It was not this shop lifter!!!
I SERIOUSLY DOUBT THAT SHE WOULD BUM RUSH AND THEN PUNCH A POLICE OFFICER TRYING TO STOP HER!!

NOW ALL YOU ARE DOING IS BEING A DRAMA QUEEN, ONE THING HAS NOTHING TO DO WITH THE OTHER!!


----------



## JimBowie1958 (Aug 20, 2014)

RKMBrown said:


> Why would anyone have respect for law, or property when the people behind the badge and our federal government, hell, even our POTUS does not respect the law or property rights?



Because one should respect the office and the law regardless of the vile beings that hold or enforce those offices and laws.


----------



## JimBowie1958 (Aug 20, 2014)

RKMBrown said:


> I agree, with the point that IF Mike did steal the cigars, it would have given him a reason to high tail it out of there when the cop confronted him for jaywalking.  However, I do not agree with the thought line that we should kill black people for running away from a cop.
> 
> Would you feel the same about the killing if Mike Brown was named Michelle Brown and was a 5'2 brunette girl with blue eyes?
> 
> How about if it was this shoplifter:



Oh come on, dude. The size and demeanor of the person doing the charge is very relevant, don't you think?


----------



## Ernie S. (Aug 20, 2014)

RKMBrown said:


> I see, so people making up shit about the black guy is being intelligent, and making up shit about the cop is being an idiot.
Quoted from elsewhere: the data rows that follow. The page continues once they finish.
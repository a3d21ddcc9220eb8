// The calls: each answers a number, 0 or why it refuses, and hands what else there is out through its parameters. include/setxulda.h says in words what each answers.
ghost use Rattle.std.specs.Prelude.{◌≡◌, ◌≢◌};
ghost use Rattle.log_store.specs.Log.{holds_log, log_check, log_read};
ghost use Rattle.c_calls.specs.Faults.{TellsTape};
ghost use Rattle.c_calls.specs.Numbers.{number_of, value_or};
ghost use Rattle.c_calls.specs.Policies.{policies_of};
ghost use Rattle.c_calls.specs.Setups.{setup_by, setup_on_logs, check_by};
ghost use Rattle.c_calls.specs.Runs.{lists, lists_wrote, lists_on_logs, logs_wrote, RunsInC};

use crate::check::check_by;
use crate::fault::fault_of;
use crate::number::{answer, refusal_number, told};
use crate::policy::PolicyEntry;
use crate::run::{run_on_logs, run_on_slices};
use log_store::LogStore;
use stores::SliceStore;

/// Whether a day can begin on these cells, rights and policies, by the order of the thresholds: the vector order without any, the ladder with three. Changes nothing.
/// Refuses thresholds of neither order (17), and then what set-up refuses (14, 15, 16).
pub fn check_setup(
    thresholds: &[u32],
    cells: &mut [u32],
    rights: &mut [u32],
    policies: &[PolicyEntry],
) -> u32
    ensures number { result ≡ number_of
        (check_by (setup_by thresholds.now (policies_of policies.now)) cells.old rights.old) }
    ensures cells_stay { cells.new ≡ cells.old }
    ensures rights_stay { rights.new ≡ rights.old }
{
    let cell_store = SliceStore::new(cells);
    let right_store = SliceStore::new(rights);
    answer(check_by(thresholds, &cell_store, &right_store, policies))
}

/// The tape's first fault, with the number of its record, from 1, and that record's first byte, from 0. All three are 0 where the tape is sound.
pub fn check_tape(tape: &[u8], number: &mut u32, first_byte: &mut u32) -> u32
    ensures { TellsTape tape.now (record { fault = result; number = number.new; start = first_byte.new }) }
{
    let told = fault_of(tape);
    *number = told.number;
    *first_byte = told.start;
    u32::from(told.fault)
}

/// Refuses bytes that hold no log of `count` numbers (18).
pub fn check_log(log: &[u8], count: usize) -> u32
    ensures { result ≡ number_of (log_check count log.now) }
{
    answer(LogStore::check(log, count))
}

/// Reads the number at the position `at`, from 0, of a log of `count` numbers. Refuses bytes that hold no such log (18) and a position past its end (4), and leaves the
/// value as it was.
pub fn read_log(log: &[u8], count: usize, at: usize, value: &mut u32) -> u32
    ensures number { result ≡ number_of (log_read count log.now at) }
    ensures value { value.new ≡ value_or value.old (log_read count log.now at) }
{
    match LogStore::number_at(log, count, at) {
        Ok(number) => {
            *value = number;
            0
        }
        Err(refusal) => refusal_number(refusal),
    }
}

/// Runs a tape as a day on two lists of numbers, in place, and writes the lines of its answers to the first `lines_used` bytes of `lines`; later bytes stay.
/// Refuses what `check_setup` refuses, and then, with 12, a buffer that has no room for the longest lines that the tape could have, as `tape::run_tape` does.
/// Refused, `lines_used` is 0, and nothing else has changed.
pub fn run_tape(
    thresholds: &[u32],
    cells: &mut [u32],
    rights: &mut [u32],
    policies: &[PolicyEntry],
    tape: &[u8],
    lines: &mut [u8],
    lines_used: &mut usize,
) -> u32
    ensures runs { RunsInC (setup_by thresholds.now (policies_of policies.now))
        (lists cells.old rights.old) (lists cells.new rights.new)
        (lists_wrote (lists cells.old rights.old) (lists cells.new rights.new))
        tape.now lines.old lines.new result lines_used.new }
    ensures untouched { result ≢ 0 →
        (cells.new ≡ cells.old) × (rights.new ≡ rights.old) × (lines.new ≡ lines.old) }
{
    let ran = run_on_slices(thresholds, cells, rights, policies, tape, lines);
    told(ran, lines_used)
}

/// The same on two logs, of `cell_count` and `right_count` numbers. After the thresholds it refuses bytes that hold no such log (18). A sound log stays sound; each
/// commit writes its transaction's changes to the two, and nothing else writes to them.
pub fn run_tape_on_logs(
    thresholds: &[u32],
    cells_log: &mut [u8],
    cell_count: usize,
    rights_log: &mut [u8],
    right_count: usize,
    policies: &[PolicyEntry],
    tape: &[u8],
    lines: &mut [u8],
    lines_used: &mut usize,
) -> u32
    ensures runs { RunsInC
        (setup_on_logs thresholds.now (policies_of policies.now) cell_count cells_log.old right_count rights_log.old)
        (lists_on_logs cell_count cells_log.old right_count rights_log.old)
        (lists_on_logs cell_count cells_log.new right_count rights_log.new)
        (logs_wrote cell_count cells_log.old cells_log.new right_count rights_log.old rights_log.new)
        tape.now lines.old lines.new result lines_used.new }
    ensures cells_sound { holds_log cell_count cells_log.new ≡ holds_log cell_count cells_log.old }
    ensures rights_sound { holds_log right_count rights_log.new ≡ holds_log right_count rights_log.old }
    ensures untouched { result ≢ 0 →
        (cells_log.new ≡ cells_log.old) × (rights_log.new ≡ rights_log.old) × (lines.new ≡ lines.old) }
{
    let ran = run_on_logs(
        thresholds,
        cells_log,
        cell_count,
        rights_log,
        right_count,
        policies,
        tape,
        lines,
    );
    told(ran, lines_used)
}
Only problem is, we're not making up shit.


----------



## RKMBrown (Aug 20, 2014)

dannyboys said:


> Apparently you continue to behave in a manner that makes others punch you. You might want to ask yourself why. Or not.
> The next time the person who punches you may decide it's not enough for you to learn how to behave yourself.
> Funny. It seems your behaviour here is netting you the same level of disdain.
> PI


Yeah this one time I do a girl a favor and give her a ride home from a party.  Never touched her, just gave her a ride home. The girl's brother, walks up to my car and cold cocks me for bringing his sister home late. 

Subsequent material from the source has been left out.